EPP concluding remaining tenant agreements
Dual-listed property firm EPP says it is successfully concluding remaining tenant agreements.
The company, which is the largest owner of retail real estate in Poland, further notes in a pre-close statement that it is laying the foundations to better position the company in a post Covid-19 environment.
It is also conducting analysis and recommendations on asset purchases and sales.
EPP is also pursuing further cost optimisation.
The company’s longer-term strategy is under preparation, that of a three- to five-year plan, with a focus on capital structure, existing asset base and growth of the company in post-Covid-19 times.
In terms of the company’s retail portfolio, operations are nearing normality, it notes.
In June, the company had 96% occupancy and 70% of pre-pandemic footfall levels.
The company noted that in terms of its liquidity position, it is well capitalised, with cash on hand of €170-million. Liquidity is secured with the retention of a €53-million dividend and €95-million in corporate facilities.

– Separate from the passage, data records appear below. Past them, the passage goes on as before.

//! The journals that servers leave, and writers that can't be flushed.
use crate::tests::client::Step;
use crate::tests::servers::{REGISTERED, REGISTRATION, USUAL, Way, plan, plays};
use eu_base::Fault;
use eu_clock::FirstChooser;
use eu_fixtures::settings;
use eu_hash::HashKey;
use eu_server::{Plan, serve_by, serve_with_journal};
use eu_stream::{Discarding, Sink, Writing};
use std::alloc::Global;
use std::io::{ErrorKind, Write};
use std::net::{Net, TcpListener};
use std::sync::Wait;
use std::test::Fail;
use std::thread::Threads;
use std::time::Clock;
use std::{io, str};

/// The first line of the journal of a server with these settings that expects seven clients.
const HEAD: &str =
    "{\"config\":{\"evict_ms\":60000,\"interval\":30,\"percent\":85,\"preservation\":true},\"expected\":7,\"journal\":1,\"last\":0,\"line\":\"head\",\"previous\":null,\"since\":0}\n";

/// The line of the registration's answer, up to where the next one begins.
const ANSWERED: &str =
    "{\"line\":\"answered\",\"reply\":{\"fresh\":true,\"name\":\"Registered\"},\"rest\":null}\n{";

/// Whether that is the journal of such a server, to which a client registered. The digest's line is 94 bytes long with its end.
pub fn is_journal(journal: &[u8]) -> bool {
    let text = str::from_utf8(journal).unwrap_or("");
    let last = &journal[journal.len().saturating_sub(94)..];
    text.starts_with(HEAD)
        && text.split(ANSWERED).count() == 2
        && last.starts_with(b"{\"line\":\"digest\",\"sha256\":\"")
        && last.ends_with(b"\"}\n")
}

#[test]
fn a_server_leaves_its_journal(rt: HostRuntime) -> Result<(), Fail> {
    let plan = Plan::of_server(settings()?, 7, 2, 1, HashKey::new(0, 0));
    let steps = [Step::Ask(1, REGISTRATION, REGISTERED)];
    assert!(rt; plays(&rt, rt.alloc(), &plan, Way::Journal, steps.as_slice())?);
    Ok(())
}

/// A writer that takes all that it is given, and can't be flushed.
#[derive(Drop)]
struct Unflushed;

impl Write for Unflushed {
    fn write(&mut self, bytes: &[u8]) -> io::Result<usize> {
        Ok(bytes.len())
    }

    fn flush(&mut self) -> io::Result<()> {
        Err(io::Error::from(ErrorKind::BrokenPipe))
    }
}

#[test]
fn served_that_is_not_flushed_is_a_failed_write(rt: HostRuntime) -> Result<(), Fail> {
    let listener = TcpListener::bind(&rt, "127.0.0.1:0")?;
    let plan = plan(0, 2, USUAL)?;
    let ended = serve_by(
        &rt,
        rt.alloc(),
        &listener,
        &plan,
        FirstChooser,
        &mut Unflushed,
    );
    assert!(rt; ended == Err(Fault::Write));
    Ok(())
}

/// How the run of an ordinary server of no session ends, which leaves its journal there, and writes there what it served.
fn ended<R: Threads + Wait + Clock + Net + Eprint + Sync, J: Sink, W: Write>(
    rt: &R,
    alloc: Global,
    listener: &TcpListener,
    journal: &mut J,
    writer: &mut W,
) -> Result<(), Fault> {
    let plan = Plan::of_server(settings()?, 7, 2, 0, HashKey::new(0, 0));
    let outcome = serve_with_journal(rt, alloc, listener, &plan, FirstChooser, journal, writer)?;
    drop(outcome);
    Ok(())
}

/// Where a journal isn't flushed, nothing else is written.
#[test]
fn a_journal_that_is_not_flushed_is_a_failed_write(rt: HostRuntime) -> Result<(), Fail> {
    let (alloc, listener) = (rt.alloc(), TcpListener::bind(&rt, "127.0.0.1:0")?);
    let mut out = Vec::new(alloc);
    let first = ended(
        &rt,
        alloc,
        &listener,
        &mut Writing::new(&mut Unflushed),
        &mut out,
    );
    let second = ended(&rt, alloc, &listener, &mut Discarding, &mut Unflushed);
    assert!(rt; (first, second) == (Err(Fault::Write), Err(Fault::Write)) && out.is_empty());
    Ok(())
}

The company’s 2020 full-year earnings per share guidance is expected to be between €0.04 and €0.05 apiece.
This is based on assumptions that the Polish economy continues its recovery in the second half of the year; that there are no significant tenant failures; the successful conclusion of remaining tenant discussions; and no second wave of Covid-19 in the second half of the year, which would have a detrimental impact on shopping centres.